Okay, so Brian, maybe some fast thoughts.
Yeah, I'll say, again, as we said before, we won't comment fully on IP other than to say that we're extremely comfortable with the IP based upon what we've seen so far, but we'll comment on it in more detail as it closes as it relates to the IP of the asset, of the lead asset with AYVAKIT. As it relates to peak sales, again, we mentioned it, you know, Blueprint has put out some peak sales guidance, if you will. That's all public. We are not validating those peak sales here on this particular call. We'll give a bit more details as I think it closes as well as it relates to peak sales.

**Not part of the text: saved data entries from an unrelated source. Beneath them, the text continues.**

/// Sends a letter: its row of the outbox is put, and its number is the last that the pair sent.
fn write_sent<H: Filed, S: Alter>(
    alloc: Global,
    tx: &mut Transaction<'_, S>,
    letter: &Letter,
    count: u64,
) -> Result<u64, Error>
    requires filed { HasCleanDisk (state S.Store tx.old.conn.now)
        → IsFiled H.filing.schema count (state S.Store tx.old.conn.now).now }
    requires sound { HasCleanDisk (state S.Store tx.old.conn.now) → IsDatabase (state S.Store tx.old.conn.now).now }
    requires inside { HasCleanDisk (state S.Store tx.old.conn.now)
        → IsTrue (state S.Store tx.old.conn.now).in_transaction }
    ensures same_reference { tx.new.conn.ghost_name ≡ tx.old.conn.ghost_name }
    ensures ok { HasCleanDisk (state S.Store tx.new.conn.now)
        → IfOk result (λ count. Makes H.filing (changed_by (Sent letter.now)) count
        (state S.Store tx.old.conn.now) (state S.Store tx.new.conn.now)) }
    ensures kept { HasCleanDisk (state S.Store tx.new.conn.now)
        → KeepsCommit (state S.Store tx.old.conn.now) (state S.Store tx.new.conn.now) }
    ensures survives { Survives (state S.Store tx.old.conn.now) (state S.Store tx.new.conn.now) (λ _. ⊥) }
{
    let count = put_sent::<H, S>(tx, &letter.pair, letter.number, count)?;
    put_letter::<H, S>(alloc, tx, letter, count)
}

/// Sets the settled mark of a pair.
fn put_settled<H: Filed, S: Alter>(
    tx: &mut Transaction<'_, S>,
    pair: &Pair,
    number: Number,
    count: u64,
) -> Result<u64, Error>
    requires filed { HasCleanDisk (state S.Store tx.old.conn.now)
        → IsFiled H.filing.schema count (state S.Store tx.old.conn.now).now }
    requires sound { HasCleanDisk (state S.Store tx.old.conn.now) → IsDatabase (state S.Store tx.old.conn.now).now }
    requires inside { HasCleanDisk (state S.Store tx.old.conn.now)
        → IsTrue (state S.Store tx.old.conn.now).in_transaction }
    ensures same_reference { tx.new.conn.ghost_name ≡ tx.old.conn.ghost_name }
    ensures ok { HasCleanDisk (state S.Store tx.new.conn.now)
        → IfOk result (λ count. Makes H.filing (with_settled pair.now number) count
        (state S.Store tx.old.conn.now) (state S.Store tx.new.conn.now)) }
    ensures kept { HasCleanDisk (state S.Store tx.new.conn.now)
        → KeepsCommit (state S.Store tx.old.conn.now) (state S.Store tx.new.conn.now) }
    ensures survives { Survives (state S.Store tx.old.conn.now) (state S.Store tx.new.conn.now) (λ _. ⊥) }
{
    // Both marks are in one row, which is written whole: the number sent last stays.
    let rows = find_marks(tx, pair.from.text(), pair.to.text());
    let sent = cell_of(rows, 0)?;
    let made = put_out_marks(
        tx,
        pair.from.text(),
        pair.to.text(),
        sent,
        bound_number(number),
    );
    counted(made, count)
}

/// Takes the letters of a pair up to a number out of the outbox.
fn take_letters<H: Filed, S: Alter>(
    tx: &mut Transaction<'_, S>,
    pair: &Pair,
    number: Number,
    count: u64,
) -> Result<u64, Error>
    requires filed { HasCleanDisk (state S.Store tx.old.conn.now)
        → IsFiled H.filing.schema count (state S.Store tx.old.conn.now).now }
    requires sound { HasCleanDisk (state S.Store tx.old.conn.now) → IsDatabase (state S.Store tx.old.conn.now).now }
    requires inside { HasCleanDisk (state S.Store tx.old.conn.now)
        → IsTrue (state S.Store tx.old.conn.now).in_transaction }
    ensures same_reference { tx.new.conn.ghost_name ≡ tx.old.conn.ghost_name }
    ensures ok { HasCleanDisk (state S.Store tx.new.conn.now)
        → IfOk result (λ count. Makes H.filing (without_letters pair.now number) count
        (state S.Store tx.old.conn.now) (state S.Store tx.new.conn.now)) }
    ensures kept { HasCleanDisk (state S.Store tx.new.conn.now)
        → KeepsCommit (state S.Store tx.old.conn.now) (state S.Store tx.new.conn.now) }
    ensures survives { Survives (state S.Store tx.old.conn.now) (state S.Store tx.new.conn.now) (λ _. ⊥) }
{
    let made = settle_outbox(tx, pair.from.text(), pair.to.text(), bound_number(number));
    counted(made, count)
}

/// Settles a pair up to a number.
fn write_settled<H: Filed, S: Alter>(
    tx: &mut Transaction<'_, S>,
    pair: &Pair,
    number: Number,
    count: u64,
) -> Result<u64, Error>
    requires filed { HasCleanDisk (state S.Store tx.old.conn.now)
        → IsFiled H.filing.schema count (state S.Store tx.old.conn.now).now }
    requires sound { HasCleanDisk (state S.Store tx.old.conn.now) → IsDatabase (state S.Store tx.old.conn.now).now }
    requires inside { HasCleanDisk (state S.Store tx.old.conn.now)
        → IsTrue (state S.Store tx.old.conn.now).in_transaction }
    ensures same_reference { tx.new.conn.ghost_name ≡ tx.old.conn.ghost_name }
    ensures ok { HasCleanDisk (state S.Store tx.new.conn.now)
        → IfOk result (λ count. Makes H.filing (changed_by (Settled pair.now number)) count
        (state S.Store tx.old.conn.now) (state S.Store tx.new.conn.now)) }
    ensures kept { HasCleanDisk (state S.Store tx.new.conn.now)
        → KeepsCommit (state S.Store tx.old.conn.now) (state S.Store tx.new.conn.now) }
    ensures survives { Survives (state S.Store tx.old.conn.now) (state S.Store tx.new.conn.now) (λ _. ⊥) }
{
    let count = put_settled::<H, S>(tx, pair, number, count)?;
    take_letters::<H, S>(tx, pair, number, count)
}

/// Adds a row of a command to the journal.
fn write_command<H: Filed, S: Alter>(
    alloc: Global,
    tx: &mut Transaction<'_, S>,
    entity: &Entity,
    seat: u8,
    command: &H::Command,
    count: u64,
) -> Result<u64, Error>
    requires filed { HasCleanDisk (state S.Store tx.old.conn.now)
        → IsFiled H.filing.schema count (state S.Store tx.old.conn.now).now }
    requires sound { HasCleanDisk (state S.Store tx.old.conn.now) → IsDatabase (state S.Store tx.old.conn.now).now }
    requires inside { HasCleanDisk (state S.Store tx.old.conn.now)
        → IsTrue (state S.Store tx.old.conn.now).in_transaction }
    ensures same_reference { tx.new.conn.ghost_name ≡ tx.old.conn.ghost_name }
    ensures ok { HasCleanDisk (state S.Store tx.new.conn.now)
        → IfOk result (λ count. Makes H.filing
        (with_row (record { entity = entity.now; input = FromSeat seat command.now })) count
        (state S.Store tx.old.conn.now) (state S.Store tx.new.conn.now)) }
    ensures kept { HasCleanDisk (state S.Store tx.new.conn.now)
        → KeepsCommit (state S.Store tx.old.conn.now) (state S.Store tx.new.conn.now) }
    ensures survives { Survives (state S.Store tx.old.conn.now) (state S.Store tx.new.conn.now) (λ _. ⊥) }
{
    // The count that is kept beside the file must not wrap around.
    if count == u64::MAX {
        return Err(Error::InvalidQuery);
    }
    let body = command.body(alloc)?;
    let made = add_command(tx, entity.text(), i64::from(seat), body.as_str());
    counted(made, count + 1)
}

Again, as I said, first and foremost, it all goes back to the potential we see here is the significant growth potential that we see as it relates to a significant amount of patients undiagnosed, an incredible therapy that's already on the marketplace, follow-on asset that actually could extend our leadership in that particular space over a long period of time, and again, potential follow-on assets in 808.
I'm going to cover that today. I'm not sure there's much more to add. Operator, any more questions?
Any other question?
Thank you all for your attention. We're excited about the future of Sanofi and rare diseases with the addition of Blueprint Medicines and look forward to updating you on our progress over the coming months. With that, we'll end the call. Thank you.